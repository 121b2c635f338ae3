// Selects: FROM and WHERE first, and then items or groups.
//
// A select of all columns of its only source, in order, shares the cells of that source's table (`whole_source`)
// where FROM and WHERE leave all its rows: such selects give tables new names of columns, of which translation writes
// many.
ghost use Rattle.std.specs.List.{AllByRecursion, list_any};
ghost use Rattle.std.specs.Prelude.{◌≡◌, ◌+◌, ◌≤◌, ◌==◌, ◌∷◌, [], length, map, zip, true, false, None, IfErr, IfOk, OnOk};
ghost use Rattle.vtl_rows.specs.Tables.{column_kinds};
ghost use Rattle.sql_tree.specs.Trees.{SelectTree};
ghost use Rattle.sql_tree.specs.View.{item_tree, select_tree};
ghost use Rattle.sql_meaning.specs.Plans.{IsPlan, indexed_in, is_indexed, planned_selects, planned_source_rows};
ghost use Rattle.sql_from.specs.Asking.{item_asks};
ghost use Rattle.sql_check_parts.specs.Queries.{is_grouped, scope_of};
ghost use Rattle.sql_check_parts.specs.Scopes.{row_of};
ghost use Rattle.sql_meaning.specs.Outcomes.{row_at};
ghost use Rattle.sql_meaning.specs.Selects.{appended, item_value, plain_rows, second_phase};
ghost use Rattle.sql_meaning.specs.Profiles.{AreOfProfile, IsLawful};
ghost use Rattle.sql_meaning.specs.Tables.{RowsFit};
ghost use Rattle.sql_from.specs.FromTables.{from_given};
ghost use Rattle.sql_from.specs.Held.{base_held, tables_held};
ghost use Rattle.sql_from.specs.Sources.{scope_held};
ghost use Rattle.sql_from.specs.Standing.{rows_for, sight_of};
ghost use Rattle.sql_from.specs.Steps.{IsPlainJoin, most_steps};
ghost use Rattle.sql_check_parts.specs.Expressions.{site};
ghost use Rattle.sql_check_laws.specs.Selects.{IsItemTyped};
ghost use Rattle.sql_exec.specs.Outputs.{Adds};
ghost use Rattle.sql_exec.specs.Parts.{HasRowsOf, IsPart, MakesKinds, phase_of};

use crate::gathered::{add_gathered, column_places};
use crate::items::{ItemValues, RowItem, row_items};
use crate::output::Output;
use crate::planned::PlannedSelects;
use crate::simple_items::{add_simple, simple_items};
use sql_check_queries::is_grouped;
use sql_from::{FromTables, Given, Partners, Sources, TupleRows, asks, source_tuples};
use sql_groups::push_grouped;
use sql_meaning::{Early, Plan};
use sql_tree::{Item, ItemValue, Select};
use std::alloc::{AllocError, Global};
use std::sync::ledger::Ledger;
use vtl_cell::Kind;
use vtl_decimal::Profile;
use vtl_index::Steps;
use vtl_scalar::ScalarErr;

fn item_asks(item: &Item) -> bool
    ensures { result ≡ item_asks (item_tree item.now) }
{
    match &item.value {
        ItemValue::Expr(e) => asks(e),
        ItemValue::Window(_) => false,
    }
}

// Whether one of these items asks EXISTS.
fn any_asks(items: &[Item]) -> bool
    ensures { result ≡ list_any item_asks (map item_tree items.now) }
{
    for item in items {
        if item_asks(item) {
            return true;
        }
    }
    false
}

// The look-ups for the EXISTS of resolved items.
fn item_partners<'a, L: Ledger>(
    alloc: Global,
    sources: &'a Sources<'a>,
    resolved: &[RowItem],
    p: &Profile,
    steps: &mut Steps<L>,
) -> Result<Partners<'a>, AllocError>
    requires { IsLawful (base_held p.now sources.now.held) }
    ensures { IfOk result (λ x. x ≡ sources.now) }
{
    let mut partners = Partners::none(alloc, sources);
    for item in resolved {
        if let ItemValues::Expression(e) = &item.values {
            partners = partners.with(alloc, e, p, steps)?;
        }
    }
    Ok(partners)
}

// The same, where an item asks one. The items are given as they are written, too.
fn wanted_partners<'a, L: Ledger>(
    alloc: Global,
    sources: &'a Sources<'a>,
    items: &[Item],
    resolved: &[RowItem],
    p: &Profile,
    steps: &mut Steps<L>,
) -> Result<Partners<'a>, AllocError>
    requires { IsLawful (base_held p.now sources.now.held) }
    ensures sources { IfOk result (λ x. x ≡ sources.now) }
    ensures steps { list_any item_asks (map item_tree items.now) ≡ false → steps.new ≡ steps.old }
{
    if any_asks(items) {
        item_partners(alloc, sources, resolved, p, steps)
    } else {
        Ok(Partners::none(alloc, sources))
    }
}

// Adds a row of the items for each row of FROM. Where all items are columns, their cells are gathered; where they are
// columns and windows, no expression is evaluated.
fn add_rows<L: Ledger>(
    alloc: Global,
    out: &mut Output,
    items: &[Item],
    rows: &TupleRows<'_>,
    kinds: &[Kind],
    p: &Profile,
    steps: &mut Steps<L>,
) -> Result<(), ScalarErr>
    requires lawful { IsLawful (base_held p.now rows.now.sources.held) }
    requires typed { AllByRecursion (IsItemTyped (site p.now (tables_held rows.now.sources.held) (scope_held rows.now.sources.sources)) None) (map item_tree items.now) }
    requires many { length kinds.now ≡ length items.now }
    requires columns { column_kinds out.old.table.columns ≡ kinds.now }
    requires fit { RowsFit (row_of (scope_held rows.now.sources.sources)) (rows_for rows.now.sources rows.now.tuples) }
    requires fitting { MakesKinds (scope_held rows.now.sources.sources) kinds.now (λ all. row_at (item_value (sight_of p.now rows.now.sources) all) (zip (map item_tree items.now) kinds.now)) }
    ensures adds { OnOk result (Adds (plain_rows (sight_of p.now rows.now.sources) (zip (map item_tree items.now) kinds.now) (rows_for rows.now.sources rows.now.tuples)) out.old out.new) }
    ensures steps { list_any item_asks (map item_tree items.now) ≡ false → steps.new ≡ steps.old }
    ensures err { IfErr result (λ e. e ≡ ScalarErr.OutOfMemory) }
{
    if let Some(places) = column_places(alloc, &rows.sources, items, kinds)? {
        add_gathered(alloc, out, rows, &places)?;
        return Ok(());
    }
    if let Some(simple) = simple_items(alloc, &rows.sources, items, kinds)? {
        return add_simple(alloc, out, items, &simple, rows, kinds, p);
    }
    let resolved = row_items(alloc, p, rows, items, kinds)?;
    let partners = wanted_partners(alloc, &rows.sources, items, &resolved, p, steps)?;
    out.table.reserve_rows(rows.len())?;
    for number in 0..rows.len() {
        out.add_row(
            alloc,
            &resolved,
            &(&*rows).partnered(number, &partners),
            number,
            p,
        )?;
    }
    Ok(())
}

// Adds what the select makes of the rows that FROM and WHERE give.
fn add_phase<L: Ledger>(
    alloc: Global,
    out: &mut Output,
    select: &Select,
    rows: &TupleRows<'_>,
    kinds: &[Kind],
    p: &Profile,
    steps: &mut Steps<L>,
) -> Result<(), ScalarErr>
    requires lawful { IsLawful (base_held p.now rows.now.sources.held) }
    requires scope { scope_held rows.now.sources.sources ≡ scope_of (tables_held rows.now.sources.held) (select_tree select.now) }
    requires part { IsPart (base_held p.now rows.now.sources.held) kinds.now (select_tree select.now) }
    requires columns { column_kinds out.old.table.columns ≡ kinds.now }
    requires ranged { AreOfProfile p.now (rows_for rows.now.sources rows.now.tuples) }
    requires fit { RowsFit (row_of (scope_held rows.now.sources.sources)) (rows_for rows.now.sources rows.now.tuples) }
    ensures adds { OnOk result (Adds (second_phase (sight_of p.now rows.now.sources) (zip (select_tree select.now).items kinds.now) (select_tree select.now) (rows_for rows.now.sources rows.now.tuples)) out.old out.new) }
    ensures steps { is_grouped (select_tree select.now) ≡ false → list_any item_asks (select_tree select.now).items ≡ false → steps.new ≡ steps.old }
    ensures err { IfErr result (λ e. e ≡ ScalarErr.OutOfMemory) }
{
    if !is_grouped(select) {
        let items = select.items.as_slice();
        return add_rows(alloc, out, items, rows, kinds, p, steps);
    }
    match push_grouped(alloc, &mut out.table, select, &*rows, kinds, p, steps) {
        Ok(()) => Ok(()),
        Err(error) => out.see(error),
    }
}

// Adds the rows of a select, or its fault. Its joins that are listed go by a look-up, and the parts of its WHERE that are
// listed are tried early.
fn add_select<L: Ledger>(
    alloc: Global,
    out: &mut Output,
    select: &Select,
    by_index: &[usize],
    early: &[Early],
    from: &FromTables<'_>,
    kinds: &[Kind],
    tables: &Given<'_>,
    p: &Profile,
    steps: &mut Steps<L>,
) -> Result<(), ScalarErr>
    requires from { from.now ≡ from_given tables.now (select_tree select.now) }
    requires part { IsPart (base_held p.now tables.now) kinds.now (select_tree select.now) }
    requires lawful { IsLawful (base_held p.now tables.now) }
    requires same { HasRowsOf (base_held p.now tables.now) early.now (select_tree select.now) }
    requires columns { column_kinds out.old.table.columns ≡ kinds.now }
    ensures adds { OnOk result (Adds (phase_of (base_held p.now tables.now) kinds.now (select_tree select.now) (planned_source_rows (base_held p.now tables.now) (select_tree select.now) [] early.now)) out.old out.new) }
    ensures steps { list_any (λ n. n == 0) by_index.now ≡ true → IsPlainJoin (select_tree select.now) → steps.new ≤ steps.old + most_steps (base_held p.now tables.now) (select_tree select.now) }
    ensures err { IfErr result (λ e. e ≡ ScalarErr.OutOfMemory) }
{
    match source_tuples(alloc, select, from, tables, Some(by_index), early, p, steps) {
        Ok(rows) => add_phase(alloc, out, select, &rows, kinds, p, steps),
        Err(error) => out.see(error),
    }
}

/// Adds the rows of all selects, or the worst of their faults, as the plan of the query has them: each select is carried
/// out, whatever those before it give, with the joins by an index and the parts of WHERE that the plan lists for it.
pub(crate) fn add_selects<L: Ledger>(
    alloc: Global,
    out: &mut Output,
    plan: &Plan,
    selects: &[Select],
    from: &[FromTables<'_>],
    kinds: &[Kind],
    tables: &Given<'_>,
    p: &Profile,
    steps: &mut Steps<L>,
) -> Result<(), ScalarErr>
    requires from { from.now ≡ map (from_given tables.now) (map select_tree selects.now) }
    requires parts { AllByRecursion (IsPart (base_held p.now tables.now) kinds.now) (map select_tree selects.now) }
    requires plan { IsPlan (map select_tree selects.now) plan.now.ways }
    requires lawful { IsLawful (base_held p.now tables.now) }
    requires columns { column_kinds out.old.table.columns ≡ kinds.now }
    ensures adds { OnOk result (Adds (appended (planned_selects (base_held p.now tables.now) kinds.now plan.now.ways 0 (map select_tree selects.now))) out.old out.new) }
    ensures steps { (s : SelectTree) → map select_tree selects.now ≡ s ∷ [] → is_indexed (indexed_in plan.now.ways 0) 0 ≡ true → IsPlainJoin s → steps.new ≤ steps.old + most_steps (base_held p.now tables.now) s }
    ensures err { IfErr result (λ e. e ≡ ScalarErr.OutOfMemory) }
{
    let planned = PlannedSelects::of(alloc, plan, selects.len())?;
    for place in 0..selects.len() {
        let select = &selects[place];
        let by_index = planned.joins[place].as_slice();
        let early = planned.early[place].as_slice();
        add_select(
            alloc,
            out,
            select,
            by_index,
            early,
            &from[place],
            kinds,
            tables,
            p,
            steps,
        )?;
    }
    Ok(())
}
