// What a plan lists, for each select of its query.
//
// A plan lists entries in any order, so each is put to its select once: a query then takes no time with the product of
// its selects and of what is listed.
ghost use Rattle.std.specs.Prelude.{◌≡◌, ◌<◌, length, map, IfOk};
ghost use Rattle.sql_meaning.specs.Plans.{early_in, indexed_in};
ghost use Rattle.sql_from.specs.PlacedLists.{AreLists};

use sql_from::{no_lists, put_at};
use sql_meaning::{Early, Plan};
use std::alloc::{AllocError, Global};

/// The joins that go by an index and the parts of WHERE that are tried early, for each select.
pub(crate) struct PlannedSelects {
    pub(crate) joins: Vec<Vec<usize>>,
    pub(crate) early: Vec<Vec<Early>>,
}

// Written out, so that a proof sees one call and not the drop of each part.
impl Drop for PlannedSelects {
    fn drop(self) {
        let PlannedSelects {
            joins: _joins,
            early: _early,
        } = self;
    }
}

// The joins that go by an index, for each select.
fn indexed_joins(alloc: Global, plan: &Plan, count: usize) -> Result<Vec<Vec<usize>>, AllocError>
    ensures many { IfOk result (λ v. length v.items ≡ count) }
    ensures lists { IfOk result (λ v. AreLists (λ n. map (λ i. i.join) (indexed_in plan.now.ways n)) count v.items) }
{
    let indexed = plan.indexed();
    let mut joins = no_lists(alloc, count)?;
    for entry in indexed {
        put_at(&mut joins, entry.select, entry.join)?;
    }
    Ok(joins)
}

// The parts of WHERE that are tried early, for each select.
fn early_parts(alloc: Global, plan: &Plan, count: usize) -> Result<Vec<Vec<Early>>, AllocError>
    ensures many { IfOk result (λ v. length v.items ≡ count) }
    ensures lists { IfOk result (λ v. AreLists (early_in plan.now.ways) count v.items) }
{
    let early = plan.early();
    let mut parts = no_lists(alloc, count)?;
    for entry in early {
        put_at(&mut parts, entry.select, *entry)?;
    }
    Ok(parts)
}

impl PlannedSelects {
    /// What a plan lists for each of so many selects. It fails only if memory runs out.
    pub(crate) fn of(alloc: Global, plan: &Plan, count: usize) -> Result<PlannedSelects, AllocError>
        ensures many { IfOk result (λ x. (length x.joins.items ≡ count) × (length x.early.items ≡ count)) }
        ensures joins { IfOk result (λ x. AreLists (λ n. map (λ i. i.join) (indexed_in plan.now.ways n)) count x.joins.items) }
        ensures early { IfOk result (λ x. AreLists (early_in plan.now.ways) count x.early.items) }
    {
        Ok(PlannedSelects {
            joins: indexed_joins(alloc, plan, count)?,
            early: early_parts(alloc, plan, count)?,
        })
    }
}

WHAT IS EXPECTED: Scan the entries above for the string "Ledger", and copy every line where it turns up.

RESPONSE TO THIS EXERCISE:
use std::sync::ledger::Ledger;
fn item_partners<'a, L: Ledger>(
fn wanted_partners<'a, L: Ledger>(
fn add_rows<L: Ledger>(
fn add_phase<L: Ledger>(
fn add_select<L: Ledger>(
pub(crate) fn add_selects<L: Ledger>(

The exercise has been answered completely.